Collected data entries

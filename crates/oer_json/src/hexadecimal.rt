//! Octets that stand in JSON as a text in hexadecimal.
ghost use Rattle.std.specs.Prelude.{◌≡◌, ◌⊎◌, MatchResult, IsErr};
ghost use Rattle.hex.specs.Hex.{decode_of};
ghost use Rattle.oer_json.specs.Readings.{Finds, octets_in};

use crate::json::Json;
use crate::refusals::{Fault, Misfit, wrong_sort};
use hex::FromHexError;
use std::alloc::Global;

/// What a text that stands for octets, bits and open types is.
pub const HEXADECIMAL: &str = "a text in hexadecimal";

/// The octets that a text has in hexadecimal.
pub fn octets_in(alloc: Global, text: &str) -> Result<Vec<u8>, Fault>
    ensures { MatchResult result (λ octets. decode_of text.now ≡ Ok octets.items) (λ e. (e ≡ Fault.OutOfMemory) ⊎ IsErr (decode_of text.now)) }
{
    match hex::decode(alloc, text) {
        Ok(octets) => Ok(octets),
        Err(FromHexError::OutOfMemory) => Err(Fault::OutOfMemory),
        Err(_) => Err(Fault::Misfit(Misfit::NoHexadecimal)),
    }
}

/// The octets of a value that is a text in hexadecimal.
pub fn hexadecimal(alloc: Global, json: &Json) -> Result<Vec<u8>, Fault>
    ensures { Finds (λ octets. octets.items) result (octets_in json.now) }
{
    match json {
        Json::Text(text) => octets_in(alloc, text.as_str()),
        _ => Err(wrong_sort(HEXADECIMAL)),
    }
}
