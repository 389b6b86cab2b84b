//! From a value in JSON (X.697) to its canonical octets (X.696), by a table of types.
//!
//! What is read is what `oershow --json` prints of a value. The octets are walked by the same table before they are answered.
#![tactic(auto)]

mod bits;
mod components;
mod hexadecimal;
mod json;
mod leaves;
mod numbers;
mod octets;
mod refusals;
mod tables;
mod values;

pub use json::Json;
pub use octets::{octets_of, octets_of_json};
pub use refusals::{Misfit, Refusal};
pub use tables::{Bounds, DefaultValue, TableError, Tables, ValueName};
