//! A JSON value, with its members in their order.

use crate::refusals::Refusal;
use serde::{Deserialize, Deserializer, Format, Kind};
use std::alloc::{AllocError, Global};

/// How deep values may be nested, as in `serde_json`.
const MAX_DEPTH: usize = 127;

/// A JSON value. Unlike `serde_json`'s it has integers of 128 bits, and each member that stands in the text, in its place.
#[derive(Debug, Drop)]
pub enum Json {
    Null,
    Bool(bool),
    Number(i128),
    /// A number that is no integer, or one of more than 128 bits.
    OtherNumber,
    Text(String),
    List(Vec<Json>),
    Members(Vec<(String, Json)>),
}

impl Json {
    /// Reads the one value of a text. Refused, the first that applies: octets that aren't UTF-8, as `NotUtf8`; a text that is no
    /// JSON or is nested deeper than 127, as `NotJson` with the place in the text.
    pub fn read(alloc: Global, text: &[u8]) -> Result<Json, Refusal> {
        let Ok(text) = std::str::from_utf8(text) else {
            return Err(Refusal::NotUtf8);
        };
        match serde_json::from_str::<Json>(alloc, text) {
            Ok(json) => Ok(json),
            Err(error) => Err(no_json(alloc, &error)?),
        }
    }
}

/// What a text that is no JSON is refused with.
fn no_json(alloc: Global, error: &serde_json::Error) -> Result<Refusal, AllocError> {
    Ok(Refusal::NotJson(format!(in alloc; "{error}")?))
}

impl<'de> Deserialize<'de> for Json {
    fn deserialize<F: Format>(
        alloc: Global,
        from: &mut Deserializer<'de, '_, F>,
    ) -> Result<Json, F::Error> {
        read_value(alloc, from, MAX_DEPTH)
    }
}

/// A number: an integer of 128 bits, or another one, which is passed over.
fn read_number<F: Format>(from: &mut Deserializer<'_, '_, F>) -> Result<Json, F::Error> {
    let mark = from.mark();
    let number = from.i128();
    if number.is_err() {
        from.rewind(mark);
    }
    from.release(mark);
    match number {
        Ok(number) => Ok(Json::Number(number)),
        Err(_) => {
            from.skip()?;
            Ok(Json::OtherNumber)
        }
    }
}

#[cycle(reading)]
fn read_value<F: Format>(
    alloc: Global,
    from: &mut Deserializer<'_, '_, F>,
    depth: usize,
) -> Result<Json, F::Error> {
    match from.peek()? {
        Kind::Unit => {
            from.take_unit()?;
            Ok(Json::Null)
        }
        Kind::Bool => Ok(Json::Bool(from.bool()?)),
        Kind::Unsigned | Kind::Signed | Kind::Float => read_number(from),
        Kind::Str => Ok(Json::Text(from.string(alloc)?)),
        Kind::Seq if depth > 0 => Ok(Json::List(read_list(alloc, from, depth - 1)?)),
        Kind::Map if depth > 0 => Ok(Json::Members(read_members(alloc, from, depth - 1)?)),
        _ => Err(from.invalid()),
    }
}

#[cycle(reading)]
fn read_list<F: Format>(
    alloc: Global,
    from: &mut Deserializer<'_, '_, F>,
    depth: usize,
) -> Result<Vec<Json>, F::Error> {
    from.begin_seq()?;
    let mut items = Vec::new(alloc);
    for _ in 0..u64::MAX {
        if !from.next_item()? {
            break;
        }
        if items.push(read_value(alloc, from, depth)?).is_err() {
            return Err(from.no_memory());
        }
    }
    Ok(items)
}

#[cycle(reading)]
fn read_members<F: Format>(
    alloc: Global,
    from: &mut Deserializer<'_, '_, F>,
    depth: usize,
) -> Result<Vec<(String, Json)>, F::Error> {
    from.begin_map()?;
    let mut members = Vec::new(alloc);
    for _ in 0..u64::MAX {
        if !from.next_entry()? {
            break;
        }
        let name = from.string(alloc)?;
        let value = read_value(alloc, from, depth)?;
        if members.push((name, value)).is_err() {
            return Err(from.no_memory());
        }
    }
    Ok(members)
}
--
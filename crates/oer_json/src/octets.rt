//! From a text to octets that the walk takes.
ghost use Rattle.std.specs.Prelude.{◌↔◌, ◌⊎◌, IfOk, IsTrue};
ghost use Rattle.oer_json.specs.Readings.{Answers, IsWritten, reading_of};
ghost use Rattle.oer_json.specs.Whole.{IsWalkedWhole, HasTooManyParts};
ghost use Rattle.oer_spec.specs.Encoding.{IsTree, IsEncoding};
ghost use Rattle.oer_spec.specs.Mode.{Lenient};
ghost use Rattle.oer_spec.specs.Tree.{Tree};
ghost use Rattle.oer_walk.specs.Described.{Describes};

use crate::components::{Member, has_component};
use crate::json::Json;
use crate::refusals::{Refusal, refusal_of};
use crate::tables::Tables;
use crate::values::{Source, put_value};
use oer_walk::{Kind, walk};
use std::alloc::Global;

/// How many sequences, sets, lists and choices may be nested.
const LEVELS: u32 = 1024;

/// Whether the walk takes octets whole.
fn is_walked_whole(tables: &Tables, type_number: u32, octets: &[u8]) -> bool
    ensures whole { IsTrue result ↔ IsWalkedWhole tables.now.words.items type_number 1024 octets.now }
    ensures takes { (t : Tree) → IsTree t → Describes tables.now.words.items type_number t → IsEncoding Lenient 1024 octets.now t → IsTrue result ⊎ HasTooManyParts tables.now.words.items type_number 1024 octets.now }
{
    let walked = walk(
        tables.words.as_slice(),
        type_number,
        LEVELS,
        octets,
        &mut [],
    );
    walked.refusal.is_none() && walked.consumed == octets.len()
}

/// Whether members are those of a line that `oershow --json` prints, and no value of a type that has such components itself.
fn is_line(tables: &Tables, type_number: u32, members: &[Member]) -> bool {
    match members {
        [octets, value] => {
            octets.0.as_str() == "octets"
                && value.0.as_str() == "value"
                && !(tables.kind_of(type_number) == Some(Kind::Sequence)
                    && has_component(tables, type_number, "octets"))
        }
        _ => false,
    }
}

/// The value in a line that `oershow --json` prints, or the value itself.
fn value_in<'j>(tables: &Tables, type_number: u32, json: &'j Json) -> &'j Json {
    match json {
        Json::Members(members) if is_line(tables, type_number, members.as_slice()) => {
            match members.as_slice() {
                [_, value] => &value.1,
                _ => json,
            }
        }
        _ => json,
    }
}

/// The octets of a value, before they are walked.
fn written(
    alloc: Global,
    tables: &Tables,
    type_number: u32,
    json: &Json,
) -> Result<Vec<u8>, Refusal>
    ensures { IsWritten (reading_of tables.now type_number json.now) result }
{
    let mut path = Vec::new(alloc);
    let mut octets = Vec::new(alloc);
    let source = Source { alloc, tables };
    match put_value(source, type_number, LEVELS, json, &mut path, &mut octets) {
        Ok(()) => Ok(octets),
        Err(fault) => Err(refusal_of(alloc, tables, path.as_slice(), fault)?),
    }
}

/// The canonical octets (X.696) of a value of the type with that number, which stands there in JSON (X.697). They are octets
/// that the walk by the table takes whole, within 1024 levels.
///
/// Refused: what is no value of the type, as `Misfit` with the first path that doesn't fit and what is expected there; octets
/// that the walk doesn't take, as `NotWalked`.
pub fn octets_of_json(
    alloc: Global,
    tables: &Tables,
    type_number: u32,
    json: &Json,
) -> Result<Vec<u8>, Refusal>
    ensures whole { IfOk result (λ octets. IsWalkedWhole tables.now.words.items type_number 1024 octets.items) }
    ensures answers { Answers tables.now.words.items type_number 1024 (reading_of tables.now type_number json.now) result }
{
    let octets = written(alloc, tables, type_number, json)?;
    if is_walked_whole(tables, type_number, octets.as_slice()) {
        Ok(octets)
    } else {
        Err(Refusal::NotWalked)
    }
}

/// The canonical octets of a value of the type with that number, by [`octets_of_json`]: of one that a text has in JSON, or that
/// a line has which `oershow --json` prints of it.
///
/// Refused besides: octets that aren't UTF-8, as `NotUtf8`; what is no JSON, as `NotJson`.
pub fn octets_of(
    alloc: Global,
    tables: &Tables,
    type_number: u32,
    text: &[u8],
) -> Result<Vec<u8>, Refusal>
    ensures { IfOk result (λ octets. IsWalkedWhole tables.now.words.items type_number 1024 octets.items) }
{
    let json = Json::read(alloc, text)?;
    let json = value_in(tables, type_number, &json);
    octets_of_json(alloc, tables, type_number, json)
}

THE PROBLEM -> Once you have identified the lines above that contain "mark", copy each of them.

PROBLEM SOLUTION ->
    let mark = from.mark();
        from.rewind(mark);
    from.release(mark);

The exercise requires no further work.